(Collected data)
+++
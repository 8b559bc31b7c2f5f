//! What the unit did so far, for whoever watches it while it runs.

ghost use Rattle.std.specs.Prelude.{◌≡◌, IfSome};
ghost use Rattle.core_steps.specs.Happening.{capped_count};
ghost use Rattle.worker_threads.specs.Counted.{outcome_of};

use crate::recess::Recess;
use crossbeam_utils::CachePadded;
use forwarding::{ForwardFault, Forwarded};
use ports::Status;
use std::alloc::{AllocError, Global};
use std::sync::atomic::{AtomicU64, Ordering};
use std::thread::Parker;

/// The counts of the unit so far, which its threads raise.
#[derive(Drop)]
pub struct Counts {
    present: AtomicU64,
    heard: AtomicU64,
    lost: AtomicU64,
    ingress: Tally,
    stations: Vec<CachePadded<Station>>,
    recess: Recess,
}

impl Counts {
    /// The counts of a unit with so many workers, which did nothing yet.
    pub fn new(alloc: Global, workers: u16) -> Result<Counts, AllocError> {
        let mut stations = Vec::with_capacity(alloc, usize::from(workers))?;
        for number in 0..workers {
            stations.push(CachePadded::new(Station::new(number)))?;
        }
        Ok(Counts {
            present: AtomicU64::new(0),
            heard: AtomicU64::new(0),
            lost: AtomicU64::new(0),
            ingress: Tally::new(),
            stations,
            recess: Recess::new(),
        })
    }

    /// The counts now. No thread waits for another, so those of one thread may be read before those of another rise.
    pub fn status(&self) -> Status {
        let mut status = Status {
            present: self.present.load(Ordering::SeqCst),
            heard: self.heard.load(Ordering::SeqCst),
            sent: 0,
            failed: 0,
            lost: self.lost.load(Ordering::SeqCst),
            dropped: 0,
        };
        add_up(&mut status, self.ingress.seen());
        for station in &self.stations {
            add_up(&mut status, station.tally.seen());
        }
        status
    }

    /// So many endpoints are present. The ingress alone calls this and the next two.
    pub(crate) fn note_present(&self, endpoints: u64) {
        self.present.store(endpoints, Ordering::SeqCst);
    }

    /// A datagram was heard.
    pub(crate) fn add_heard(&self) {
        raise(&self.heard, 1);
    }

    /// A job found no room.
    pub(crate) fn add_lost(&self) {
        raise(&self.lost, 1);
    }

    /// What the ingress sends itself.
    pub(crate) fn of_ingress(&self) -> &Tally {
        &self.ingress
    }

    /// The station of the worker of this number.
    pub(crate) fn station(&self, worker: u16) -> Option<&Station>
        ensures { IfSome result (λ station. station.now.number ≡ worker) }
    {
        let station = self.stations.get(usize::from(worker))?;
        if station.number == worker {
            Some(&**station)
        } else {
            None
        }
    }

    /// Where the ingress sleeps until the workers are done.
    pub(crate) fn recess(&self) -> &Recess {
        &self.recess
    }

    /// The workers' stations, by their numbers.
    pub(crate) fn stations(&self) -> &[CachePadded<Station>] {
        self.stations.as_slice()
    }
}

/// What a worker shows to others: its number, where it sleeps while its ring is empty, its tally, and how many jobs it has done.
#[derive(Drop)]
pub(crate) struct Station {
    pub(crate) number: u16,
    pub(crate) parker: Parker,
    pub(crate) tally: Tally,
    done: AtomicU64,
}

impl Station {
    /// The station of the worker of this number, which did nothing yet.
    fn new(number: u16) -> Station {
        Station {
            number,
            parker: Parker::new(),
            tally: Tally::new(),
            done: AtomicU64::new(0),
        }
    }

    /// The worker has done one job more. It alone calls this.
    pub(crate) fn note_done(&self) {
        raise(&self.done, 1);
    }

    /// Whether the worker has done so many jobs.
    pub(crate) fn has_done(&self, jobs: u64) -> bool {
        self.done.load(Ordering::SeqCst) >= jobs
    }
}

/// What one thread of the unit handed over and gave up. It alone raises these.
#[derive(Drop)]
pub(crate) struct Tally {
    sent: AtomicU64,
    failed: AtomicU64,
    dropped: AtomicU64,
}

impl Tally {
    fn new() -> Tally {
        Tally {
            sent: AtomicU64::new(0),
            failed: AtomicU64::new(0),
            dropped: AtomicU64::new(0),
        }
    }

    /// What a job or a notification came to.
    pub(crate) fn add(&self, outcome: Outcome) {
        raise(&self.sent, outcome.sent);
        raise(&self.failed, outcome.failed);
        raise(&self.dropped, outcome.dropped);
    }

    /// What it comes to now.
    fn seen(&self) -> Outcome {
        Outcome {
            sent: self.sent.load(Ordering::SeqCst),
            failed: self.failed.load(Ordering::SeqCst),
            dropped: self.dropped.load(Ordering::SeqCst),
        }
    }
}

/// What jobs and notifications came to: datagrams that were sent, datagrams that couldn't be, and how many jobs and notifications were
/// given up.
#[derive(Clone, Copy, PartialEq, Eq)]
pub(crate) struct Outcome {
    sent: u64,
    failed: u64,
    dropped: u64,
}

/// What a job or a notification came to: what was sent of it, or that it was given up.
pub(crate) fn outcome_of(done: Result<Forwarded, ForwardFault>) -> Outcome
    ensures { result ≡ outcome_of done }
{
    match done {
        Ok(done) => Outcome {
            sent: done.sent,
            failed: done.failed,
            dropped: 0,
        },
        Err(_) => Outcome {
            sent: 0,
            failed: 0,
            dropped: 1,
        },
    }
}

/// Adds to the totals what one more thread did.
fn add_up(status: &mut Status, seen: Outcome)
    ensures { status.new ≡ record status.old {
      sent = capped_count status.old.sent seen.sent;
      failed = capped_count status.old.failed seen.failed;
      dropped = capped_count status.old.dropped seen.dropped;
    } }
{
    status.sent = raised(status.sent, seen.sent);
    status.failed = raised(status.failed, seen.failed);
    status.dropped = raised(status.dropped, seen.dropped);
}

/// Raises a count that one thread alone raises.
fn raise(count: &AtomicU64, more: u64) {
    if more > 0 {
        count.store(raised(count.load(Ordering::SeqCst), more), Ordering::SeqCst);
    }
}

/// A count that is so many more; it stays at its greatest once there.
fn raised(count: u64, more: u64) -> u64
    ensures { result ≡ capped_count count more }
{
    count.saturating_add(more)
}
+++
What is needed
Scan the data above; copy every line where "stations" appears.

Response
    stations: Vec<CachePadded<Station>>,
        let mut stations = Vec::with_capacity(alloc, usize::from(workers))?;
            stations.push(CachePadded::new(Station::new(number)))?;
            stations,
        for station in &self.stations {
        let station = self.stations.get(usize::from(worker))?;
    /// The workers' stations, by their numbers.
    pub(crate) fn stations(&self) -> &[CachePadded<Station>] {
        self.stations.as_slice()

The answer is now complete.